The title of this article comes from one of my favorite songs written and sung by Answers in Genesis dinosaur sculptor Buddy Davis. I want to bring to your attention today the hands referenced in the song’s title. On this Christmas Day, I wanted visitors to this website to ponder the following:
  • Jesus Christ created the universe and all life (Colossians 1: All things were created by and for Jesus Christ). He created the first man, Adam.

    God’s Word in Isaiah 64:8 likens God to a potter and humans to the clay that the potter worked on: “But now, O LORD, You [are] our Father; We [are] the clay, and You our potter; And all we [are] the work of Your hand.

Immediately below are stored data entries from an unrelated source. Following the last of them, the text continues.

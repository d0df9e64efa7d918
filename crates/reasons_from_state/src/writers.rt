//! Who wrote a key last.
ghost use Rattle.std.specs.Prelude.{◌≡◌, ◌<◌, ◌≤◌, All, is_some, length};
ghost use Rattle.std.specs.FinMap.{get};
ghost use Rattle.rules.specs.Flags.{is_valid};
ghost use Rattle.rules.specs.Fold.{running, flag};
ghost use Rattle.reasons.specs.First.{last_below};
ghost use Rattle.reasons.specs.Reads.{writes_row};
ghost use Rattle.key_chains.specs.Shown.{Shows};
ghost use Rattle.reasons_from_state.specs.Writers.{is_policy, sets, last_setter};

use crate::verdicts::flag_of;
use key_chains::{Job, Kind, Operation, Operations, PlainBoard, StateKey};

fn is_policy(kind: Kind) -> bool
    ensures { result ≡ is_policy kind }
{
    matches!(kind, Kind::Policy)
}

/// Whether it is of a valid transaction and sets the row of its key. A policy alone is written to a row that is there, and
/// makes none.
fn sets_row(job: &Job<'_, '_>, operation: Operation, is_there: bool, board: &PlainBoard) -> bool
    requires place { operation.tx < length job.now.candidates }
    requires shown { Shows job.now board.now }
    ensures { result ≡ sets (λ h. is_valid (flag job.now h)) is_there operation }
{
    flag_of(job, operation.tx, board).is_valid() && (is_there || !is_policy(operation.kind))
}

fn last_setter(
    job: &Job<'_, '_>,
    i: u32,
    operations: Operations<'_>,
    is_there: bool,
    board: &PlainBoard,
) -> Option<u32>
    requires place { i ≤ length job.now.candidates }
    requires shown { Shows job.now board.now }
    requires earlier { All (λ o. o.tx < i) operations }
    ensures { result ≡ last_setter (λ h. is_valid (flag job.now h)) is_there operations.entry }
{
    for operation in operations {
        if sets_row(job, operation, is_there, board) {
            return Some(operation.tx);
        }
    }
    None
}

/// The last valid transaction before i that wrote or deleted the row of a key, which is there before i or isn't.
pub(crate) fn last_writer(
    job: &Job<'_, '_>,
    i: u32,
    key: &StateKey<'_>,
    is_there: bool,
    board: &PlainBoard,
) -> Option<u32>
    requires place { i ≤ length job.now.candidates }
    requires shown { Shows job.now board.now }
    requires there { is_there ≡ is_some (get (running job.now i).state key.now) }
    ensures { result ≡ last_below (writes_row job.now key.now) i }
{
    last_setter(job, i, job.operations_before(i, key), is_there, board)
}
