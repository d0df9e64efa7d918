//! Reasons of transactions that the state decides.
ghost use Rattle.std.specs.Prelude.{◌≡◌, ◌<◌, IsTrue, length, option_map, IfOk};
ghost use Rattle.reasons.specs.declared.reason.Reason.TheVariants.{NotEndorsed, ReadConflict, PhantomConflict};
ghost use Rattle.rules.specs.declared.flag.Flag.TheVariants.{EndorsementPolicyFailure, MvccReadConflict, PhantomReadConflict};
ghost use Rattle.rules.specs.Fold.{flag};
ghost use Rattle.key_chains.specs.Job.{IsOpened};
ghost use Rattle.key_chains.specs.Shown.{Shows};
ghost use Rattle.reasons_from_state.specs.Told.{is_told_by_state, IsTheReason};

use crate::endorsement::endorsement_fault;
use crate::phantoms::phantom_conflict;
use crate::place::Place;
use crate::stale_reads::read_conflict;
use crate::verdicts::flag_of;
use key_chains::{OpenTx, PlainBoard};
use reasons::{EndorsementFault, PhantomKey, Reason, StaleRead, each_place_has_one_reason};
use rules::Flag;
use std::alloc::{AllocError, Global};

fn not_endorsed(fault: Option<EndorsementFault>) -> Option<Reason>
    ensures { result ≡ option_map NotEndorsed fault }
{
    fault.map(Reason::NotEndorsed)
}

fn stale(read: Option<StaleRead>) -> Option<Reason>
    ensures { result ≡ option_map ReadConflict read }
{
    read.map(Reason::ReadConflict)
}

fn phantom(key: Option<PhantomKey>) -> Option<Reason>
    ensures { result ≡ option_map PhantomConflict key }
{
    key.map(Reason::PhantomConflict)
}

fn endorsement_reason(
    alloc: Global,
    at: &Place<'_>,
    open_tx: &OpenTx<'_>,
    board: &PlainBoard,
) -> Result<Option<Reason>, AllocError>
    requires place { at.now.i < length at.now.job.now.candidates }
    requires shown { Shows at.now.job.now board.now }
    requires opened { IsOpened at.now.job.now at.now.i open_tx.now }
    ensures { IfOk result (λ x. IsTheReason at.now.job.now at.now.i EndorsementPolicyFailure x) }
{
    each_place_has_one_reason();
    let fault = endorsement_fault(alloc, at, open_tx, board)?;
    Ok(not_endorsed(fault))
}

fn read_reason(
    alloc: Global,
    at: &Place<'_>,
    open_tx: &OpenTx<'_>,
    board: &mut PlainBoard,
) -> Result<Option<Reason>, AllocError>
    requires place { at.now.i < length at.now.job.now.candidates }
    requires shown { Shows at.now.job.now board.old }
    requires opened { IsOpened at.now.job.now at.now.i open_tx.now }
    ensures value { IfOk result (λ x. IsTheReason at.now.job.now at.now.i MvccReadConflict x) }
    ensures board { board.new ≡ board.old }
{
    let read = read_conflict(alloc, at, open_tx.tx.namespaces.as_slice(), board)?;
    Ok(stale(read))
}

fn phantom_reason(
    alloc: Global,
    at: &Place<'_>,
    open_tx: &OpenTx<'_>,
    board: &mut PlainBoard,
) -> Result<Option<Reason>, AllocError>
    requires place { at.now.i < length at.now.job.now.candidates }
    requires shown { Shows at.now.job.now board.old }
    requires opened { IsOpened at.now.job.now at.now.i open_tx.now }
    ensures value { IfOk result (λ x. IsTheReason at.now.job.now at.now.i PhantomReadConflict x) }
    ensures board { board.new ≡ board.old }
{
    each_place_has_one_reason();
    let key = phantom_conflict(alloc, at, open_tx.tx.namespaces.as_slice(), board)?;
    Ok(phantom(key))
}

/// Why the open transaction at this place has this flag, which isn't that of a valid one.
fn fault_reason(
    alloc: Global,
    at: &Place<'_>,
    open_tx: &OpenTx<'_>,
    flag: Flag,
    board: &mut PlainBoard,
) -> Result<Option<Reason>, AllocError>
    requires place { at.now.i < length at.now.job.now.candidates }
    requires shown { Shows at.now.job.now board.old }
    requires opened { IsOpened at.now.job.now at.now.i open_tx.now }
    requires told { IsTrue (is_told_by_state flag) }
    ensures value { IfOk result (λ x. IsTheReason at.now.job.now at.now.i flag x) }
    ensures board { board.new ≡ board.old }
{
    match flag {
        Flag::EndorsementPolicyFailure => endorsement_reason(alloc, at, open_tx, board),
        Flag::MvccReadConflict => read_reason(alloc, at, open_tx, board),
        Flag::PhantomReadConflict => phantom_reason(alloc, at, open_tx, board),
        _ => Ok(None),
    }
}

/// Why the open transaction at this place has its flag.
pub(crate) fn state_reason(
    alloc: Global,
    at: &Place<'_>,
    open_tx: &OpenTx<'_>,
    board: &mut PlainBoard,
) -> Result<Option<Reason>, AllocError>
    requires place { at.now.i < length at.now.job.now.candidates }
    requires shown { Shows at.now.job.now board.old }
    requires opened { IsOpened at.now.job.now at.now.i open_tx.now }
    ensures value { IfOk result (λ x. IsTheReason at.now.job.now at.now.i (flag at.now.job.now at.now.i) x) }
    ensures board { board.new ≡ board.old }
{
    let flag = flag_of(at.job, at.i, board);
    if flag.is_valid() {
        return Ok(Some(Reason::NoFault));
    }
    fault_reason(alloc, at, open_tx, flag, board)
}
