//! Reasons of updates that the admin policy decides.
ghost use Rattle.std.specs.Prelude.{◌≡◌, ◌<◌, Some, length, IfOk};
ghost use Rattle.rules.specs.Candidate.{updates};
ghost use Rattle.rules.specs.Job.{candidate_at};
ghost use Rattle.rules.specs.Fold.{flag};
ghost use Rattle.reasons.specs.declared.reason.Reason.TheVariants.{InvalidUpdate};
ghost use Rattle.reasons.specs.declared.update_fault.UpdateFault.TheVariants.{AdminUnsatisfied};
ghost use Rattle.reasons.specs.Shortfall.{shortfall_of};
ghost use Rattle.key_chains.specs.Shown.{Shows};
ghost use Rattle.reasons_from_state.specs.Told.{IsTheReason};

use crate::place::Place;
use crate::shortfalls::shortfall;
use crate::verdicts::has_passed;
use candidates::OpenUpdate;
use key_chains::PlainBoard;
use policy::Policy;
use policy_eval::Signers;
use reasons::{Reason, UpdateFault, each_place_has_one_reason};
use std::alloc::{AllocError, Global};
use transaction::Endorsement;

fn admin_unsatisfied(
    alloc: Global,
    policy: &Policy,
    endorsements: &[Endorsement<'_>],
    signers: &Signers<'_>,
) -> Result<Option<Reason>, AllocError>
    ensures { IfOk result (λ x. x ≡ Some (InvalidUpdate (AdminUnsatisfied (shortfall_of endorsements.now signers.now policy.now)))) }
{
    let lack = shortfall(alloc, policy, endorsements, signers)?;
    Ok(Some(Reason::InvalidUpdate(UpdateFault::AdminUnsatisfied(lack))))
}

/// Why the open update at this place has its flag.
pub(crate) fn update_reason(
    alloc: Global,
    at: &Place<'_>,
    open_update: &OpenUpdate<'_>,
    board: &PlainBoard,
) -> Result<Option<Reason>, AllocError>
    requires place { at.now.i < length at.now.job.now.candidates }
    requires shown { Shows at.now.job.now board.now }
    requires opened { candidate_at at.now.job.now at.now.i ≡ updates open_update.now.update open_update.now.signers }
    ensures { IfOk result (λ x. IsTheReason at.now.job.now at.now.i (flag at.now.job.now at.now.i) x) }
{
    each_place_has_one_reason();
    if has_passed(at.job, at.i, board) {
        return Ok(Some(Reason::NoFault));
    }
    let endorsements = open_update.update.endorsements.as_slice();
    match at.job.admin() {
        None => Ok(None),
        Some(policy) => admin_unsatisfied(alloc, policy, endorsements, &open_update.signers),
    }
}
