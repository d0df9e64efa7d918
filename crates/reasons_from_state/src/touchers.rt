//! Who touched a key first.
ghost use Rattle.std.specs.Prelude.{◌≡◌, ◌≤◌, length};
ghost use Rattle.reasons.specs.First.{first_below};
ghost use Rattle.reasons.specs.Endorsement.{touches};
ghost use Rattle.key_chains.specs.Shown.{Shows};

use crate::verdicts::has_passed;
use key_chains::{Job, PlainBoard, StateKey};

/// The first transaction before i that passed the endorsement rule and writes the policy of a key.
pub(crate) fn first_toucher(
    job: &Job<'_, '_>,
    i: u32,
    key: &StateKey<'_>,
    board: &PlainBoard,
) -> Option<u32>
    requires place { i ≤ length job.now.candidates }
    requires shown { Shows job.now board.now }
    ensures { result ≡ first_below (touches job.now key.now) i }
{
    let mut first = None;
    for h in job.policy_writers_of(key) {
        if h < i && has_passed(job, h, board) {
            first = Some(h);
        }
    }
    first
}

    As He formed Adam’s hands, He knew that one day He Himself would take on human flesh with hands like these—and that these hands would be pierced when He was nailed on a cross for our sins. As we read in Revelation 13:8, “All who dwell on the earth will worship him, whose names have not been written in the Book of Life of the Lamb slain from the foundation of the world.

  • Because of sin (when Adam rebelled against God’s Word and took the forbidden fruit in the Garden of Eden), Adam and all his descendants were separated from God—and would, because of sin, be separated from God in eternal judgment.

    The “clay pot” God made was now marred—it was cracked and broken because of sin.

  • However, our brokenness is not the end. “But God demonstrates His own love toward us, in that while we were still sinners, Christ died for us” (Romans 5:8).

    It was prophesied in Isaiah 53:5: “But He [was] wounded for our transgressions, [He was] bruised for our iniquities; The chastisement for our peace [was] upon Him, And by His stripes we are healed.

    And in Psalm 22:16: “For dogs have surrounded Me; The congregation of the wicked has enclosed Me. They pierced My hands and My feet.

  • When Jesus was nailed on the Cross, in the agony of that terrible situation, and as He took upon Him the punishment for our sin, we can picture it this way: those pierced hands, bleeding and hurting, were tenderly working with the broken, marred clay pot of our life to make us perfect again in Christ.

Oh, how I pray that people would understand the true meaning of the babe in a manger—the truth of the wonderful saving gospel—the loving Potter who paid the price to restore the broken and marred clay pots that we are. I pray that all of you reading this have received the free gift of the gospel—that’s what the AiG ministry is all about.

I have included two of AiG cartoonist Dan Lietha’s cartoons that have a real Christmas message for us.

Have a blessed Christmas. As you receive your gifts from loved ones, thank God for the greatest gift of all: the gift from the Potter’s hand, the gift of salvation in Christ.